[英]Java configuration for security constraints in a Spring REST application
I am building an application with Spring REST (without web.xml ). 我正在使用Spring REST(没有web.xml )构建应用程序。 REST calls are working fine but I need to add few security constraints which are easy to add through web.xml but as I am using Spring 4 without web.xml so I need help in adding the web.xml part through Java configuration.

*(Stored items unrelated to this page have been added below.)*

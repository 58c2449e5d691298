//! Subtables that attach marks (OpenType, GPOS lookup types 4, 5 and 6).
ghost use Rattle.std.specs.Prelude.{◌≡◌, ◌≢◌, ◌≤◌, ◌<◌, ◌+◌, ◌*◌, IfOk, IfErr, Ok, Err, length};
ghost use Rattle.buffer_rows.specs.Keys.{numbers_rise};
ghost use Rattle.font_positioning.specs.Marks.{array_rows, mark_row, base_row, component_item, component_list, ligature_row, mark_base, mark_ligature, mark_base_pos_at, mark_lig_pos_at};

use crate::anchors::{read_anchor, read_anchors};
use buffer_rows::SortedRows;
use font_bytes::fault::TableFault;
use font_bytes::room::Room;
use font_bytes::words::{need, word};
use font_records::{RecordReader, RowReader, read_array, read_covered_rows};
use layout_common::array::Array;
use layout_common::glyph_row::GlyphRow;
use layout_tables::mark::{
    BaseRow, ComponentRecord, LigatureRow, MarkBasePos, MarkLigPos, MarkRecord,
};
use std::alloc::Global;

/// Reads rows whose records are a mark's class and the offset of its anchor from the mark array's start.
#[derive(Clone, Copy)]
struct MarkRows {
    class_count: u16,
    base: usize,
}

impl RowReader for MarkRows {
    type Row = GlyphRow<MarkRecord>;

    ghost glyph_of = { λ r. r.glyph };

    ghost width_of = { λ _. 4 };

    ghost base_of = { λ s. s.base };

    ghost row_at = { λ s table. mark_row s.class_count table s.base };

    fn width(&self) -> usize {
        4
    }

    fn read_row(
        &self,
        _alloc: Global,
        table: &[u8],
        at: usize,
        glyph: u16,
        _room: &mut Room,
    ) -> Result<Option<GlyphRow<MarkRecord>>, TableFault> {
        let class = word(table, at);
        if class >= self.class_count {
            return Ok(None);
        }
        let anchor = read_anchor(self.base, table, at + 2)?;
        Ok(Some(GlyphRow {
            glyph,
            value: MarkRecord { class, anchor },
        }))
    }
}

/// Reads rows whose records are the offsets of anchors from the array's start.
#[derive(Clone, Copy)]
struct BaseRows {
    class_count: u16,
    base: usize,
}

impl RowReader for BaseRows {
    type Row = BaseRow;

    ghost glyph_of = { λ r. r.glyph };

    ghost width_of = { λ s. 2 * s.class_count };

    ghost base_of = { λ s. s.base };

    ghost row_at = { λ s table. base_row s.class_count table s.base };

    fn width(&self) -> usize {
        2 * usize::from(self.class_count)
    }

    fn read_row(
        &self,
        alloc: Global,
        table: &[u8],
        at: usize,
        glyph: u16,
        room: &mut Room,
    ) -> Result<Option<BaseRow>, TableFault> {
        let anchors = read_anchors(
            alloc,
            self.base,
            table,
            at,
            usize::from(self.class_count),
            room,
        )?;
        Ok(Some(BaseRow {
            glyph,
            anchors: Array::new(anchors),
        }))
    }
}

/// Reads components whose records are the offsets of anchors from the ligature attach table's start.
#[derive(Clone, Copy)]
struct Components {
    class_count: u16,
    base: usize,
}

impl RecordReader for Components {
    type Item = ComponentRecord;

    ghost width_of = { λ s. 2 * s.class_count };

    ghost base_of = { λ s. s.base };

    ghost item_at = { λ s. component_item s.class_count s.base };

    fn width(&self) -> usize {
        2 * usize::from(self.class_count)
    }

    fn read_item(
        &self,
        alloc: Global,
        table: &[u8],
        at: usize,
        room: &mut Room,
    ) -> Result<Option<ComponentRecord>, TableFault> {
        let anchors = read_anchors(
            alloc,
            self.base,
            table,
            at,
            usize::from(self.class_count),
            room,
        )?;
        Ok(Some(ComponentRecord {
            anchors: Array::new(anchors),
        }))
    }
}

/// Reads the components of the ligature attach table at an offset.
fn read_components(
    class_count: u16,
    alloc: Global,
    table: &[u8],
    at: usize,
    room: &mut Room,
) -> Result<Vec<ComponentRecord>, TableFault>
    ensures ok { IfOk result (λ v. component_list class_count room.old.left table.now at ≡ Ok (v.items, room.new.left)) }
    ensures refused { IfErr result (λ e. e ≢ TableFault.OutOfMemory
        → component_list class_count room.old.left table.now at ≡ Err e) }
{
    need(table, at, 2)?;
    let count = usize::from(word(table, at));
    need(table, at + 2, 2 * usize::from(class_count) * count)?;
    let reader = Components {
        class_count,
        base: at,
    };
    read_array(&reader, alloc, table, at + 2, count, room)
}

/// Reads rows whose records are the offsets of ligature attach tables from the ligature array's start.
#[derive(Clone, Copy)]
struct LigatureRows {
    class_count: u16,
    base: usize,
}

impl RowReader for LigatureRows {
    type Row = LigatureRow;

    ghost glyph_of = { λ r. r.glyph };

    ghost width_of = { λ _. 2 };

    ghost base_of = { λ s. s.base };

    ghost row_at = { λ s table. ligature_row s.class_count table s.base };

    fn width(&self) -> usize {
        2
    }

    fn read_row(
        &self,
        alloc: Global,
        table: &[u8],
        at: usize,
        glyph: u16,
        room: &mut Room,
    ) -> Result<Option<LigatureRow>, TableFault> {
        let offset = word(table, at);
        if offset == 0 {
            return Ok(None);
        }
        let attach = self.base + usize::from(offset);
        let components = read_components(self.class_count, alloc, table, attach, room)?;
        Ok(Some(LigatureRow {
            glyph,
            components: Array::new(components),
        }))
    }
}

/// Reads the marks of a mark array, whose offset counts from the subtable's start.
fn read_marks(
    class_count: u16,
    alloc: Global,
    table: &[u8],
    start: usize,
    coverage: u16,
    offset: u16,
    room: &mut Room,
) -> Result<SortedRows<GlyphRow<MarkRecord>>, TableFault>
    requires { start ≤ length table.now }
    ensures ok { IfOk result (λ v. array_rows (mark_row class_count table.now) 4 room.old.left table.now start coverage
        offset ≡ Ok (v, room.new.left)) }
    ensures refused { IfErr result (λ e. e ≢ TableFault.OutOfMemory → array_rows (mark_row class_count table.now) 4
        room.old.left table.now start coverage offset ≡ Err e) }
{
    if offset == 0 {
        return Ok(SortedRows::new(Vec::new(alloc)));
    }
    let at = start + usize::from(offset);
    need(table, at, 2)?;
    let count = usize::from(word(table, at));
    need(table, at + 2, 4 * count)?;
    let reader = MarkRows {
        class_count,
        base: at,
    };
    let rows = read_covered_rows(&reader, alloc, table, start, coverage, at + 2, count, room)?;
    Ok(SortedRows::new(rows))
}

/// Reads the bases of a base array, or the marks of a mark array that marks are attached to.
fn read_bases(
    class_count: u16,
    alloc: Global,
    table: &[u8],
    start: usize,
    coverage: u16,
    offset: u16,
    room: &mut Room,
) -> Result<SortedRows<BaseRow>, TableFault>
    requires { start ≤ length table.now }
    ensures ok { IfOk result (λ v. array_rows (base_row class_count table.now) (2 * class_count) room.old.left table.now
        start coverage offset ≡ Ok (v, room.new.left)) }
    ensures refused { IfErr result (λ e. e ≢ TableFault.OutOfMemory → array_rows (base_row class_count table.now)
        (2 * class_count) room.old.left table.now start coverage offset ≡ Err e) }
{
    if offset == 0 {
        return Ok(SortedRows::new(Vec::new(alloc)));
    }
    let at = start + usize::from(offset);
    need(table, at, 2)?;
    let count = usize::from(word(table, at));
    need(table, at + 2, 2 * usize::from(class_count) * count)?;
    let reader = BaseRows {
        class_count,
        base: at,
    };
    let rows = read_covered_rows(&reader, alloc, table, start, coverage, at + 2, count, room)?;
    Ok(SortedRows::new(rows))
}

/// Reads the ligatures of a ligature array.
fn read_ligatures(
    class_count: u16,
    alloc: Global,
    table: &[u8],
    start: usize,
    coverage: u16,
    offset: u16,
    room: &mut Room,
) -> Result<SortedRows<LigatureRow>, TableFault>
    requires { start ≤ length table.now }
    ensures ok { IfOk result (λ v. array_rows (ligature_row class_count table.now) 2 room.old.left table.now start coverage
        offset ≡ Ok (v, room.new.left)) }
    ensures refused { IfErr result (λ e. e ≢ TableFault.OutOfMemory → array_rows (ligature_row class_count table.now) 2
        room.old.left table.now start coverage offset ≡ Err e) }
{
    if offset == 0 {
        return Ok(SortedRows::new(Vec::new(alloc)));
    }
    let at = start + usize::from(offset);
    need(table, at, 2)?;
    let count = usize::from(word(table, at));
    need(table, at + 2, 2 * count)?;
    let reader = LigatureRows {
        class_count,
        base: at,
    };
    let rows = read_covered_rows(&reader, alloc, table, start, coverage, at + 2, count, room)?;
    Ok(SortedRows::new(rows))
}

/// Reads format 1 of mark to base or mark to mark attachment.
fn read_mark_base(
    alloc: Global,
    table: &[u8],
    at: usize,
    room: &mut Room,
) -> Result<MarkBasePos, TableFault>
    ensures ok { IfOk result (λ v. mark_base room.old.left table.now at ≡ Ok (v, room.new.left)) }
    ensures refused { IfErr result (λ e. e ≢ TableFault.OutOfMemory → mark_base room.old.left table.now at ≡ Err e) }
{
    need(table, at, 12)?;
    let class_count = word(table, at + 6);
    let marks = read_marks(
        class_count,
        alloc,
        table,
        at,
        word(table, at + 2),
        word(table, at + 8),
        room,
    )?;
    let bases = read_bases(
        class_count,
        alloc,
        table,
        at,
        word(table, at + 4),
        word(table, at + 10),
        room,
    )?;
    Ok(MarkBasePos { marks, bases })
}

/// Reads format 1 of mark to ligature attachment.
fn read_mark_ligature(
    alloc: Global,
    table: &[u8],
    at: usize,
    room: &mut Room,
) -> Result<MarkLigPos, TableFault>
    ensures ok { IfOk result (λ v. mark_ligature room.old.left table.now at ≡ Ok (v, room.new.left)) }
    ensures refused { IfErr result (λ e. e ≢ TableFault.OutOfMemory → mark_ligature room.old.left table.now at ≡ Err e) }
{
    need(table, at, 12)?;
    let class_count = word(table, at + 6);
    let marks = read_marks(
        class_count,
        alloc,
        table,
        at,
        word(table, at + 2),
        word(table, at + 8),
        room,
    )?;
    let ligatures = read_ligatures(
        class_count,
        alloc,
        table,
        at,
        word(table, at + 4),
        word(table, at + 10),
        room,
    )?;
    Ok(MarkLigPos { marks, ligatures })
}

/// Reads the mark to base or mark to mark attachment subtable at an offset, none where its format is unknown.
pub fn read_mark_base_pos(
    alloc: Global,
    table: &[u8],
    at: usize,
    room: &mut Room,
) -> Result<Option<MarkBasePos>, TableFault>
    ensures ok { IfOk result (λ v. mark_base_pos_at room.old.left table.now at ≡ Ok (v, room.new.left)) }
    ensures refused { IfErr result (λ e. e ≢ TableFault.OutOfMemory
        → mark_base_pos_at room.old.left table.now at ≡ Err e) }
{
    need(table, at, 2)?;
    if word(table, at) != 1 {
        return Ok(None);
    }
    let subtable = read_mark_base(alloc, table, at, room)?;
    Ok(Some(subtable))
}

/// Reads the mark to ligature attachment subtable at an offset, none where its format is unknown.
pub fn read_mark_lig_pos(
    alloc: Global,
    table: &[u8],
    at: usize,
    room: &mut Room,
) -> Result<Option<MarkLigPos>, TableFault>
    ensures ok { IfOk result (λ v. mark_lig_pos_at room.old.left table.now at ≡ Ok (v, room.new.left)) }
    ensures refused { IfErr result (λ e. e ≢ TableFault.OutOfMemory
        → mark_lig_pos_at room.old.left table.now at ≡ Err e) }
{
    need(table, at, 2)?;
    if word(table, at) != 1 {
        return Ok(None);
    }
    let subtable = read_mark_ligature(alloc, table, at, room)?;
    Ok(Some(subtable))
}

REST调用工作正常,但我需要添加一些安全约束,这些约束很容易通过web.xml添加,但因为我使用没有web.xml的 Spring 4所以我需要帮助通过Java配置添加web.xml部分。
My web.xml : 我的web.xml :
<security-role>
<role-name>all</role-name>
</security-role>
<security-constraint>
<web-resource-collection>
<web-resource-name>test</web-resource-name>
<url-pattern>/*</url-pattern>
</web-resource-collection>
<auth-constraint>
<role-name>all</role-name>
</auth-constraint>
</security-constraint>
I need help in configuring this web.xml through Java configuration. 我需要帮助通过Java配置配置此web.xml 。 Probably this can be added through Spring Security but not sure how to that.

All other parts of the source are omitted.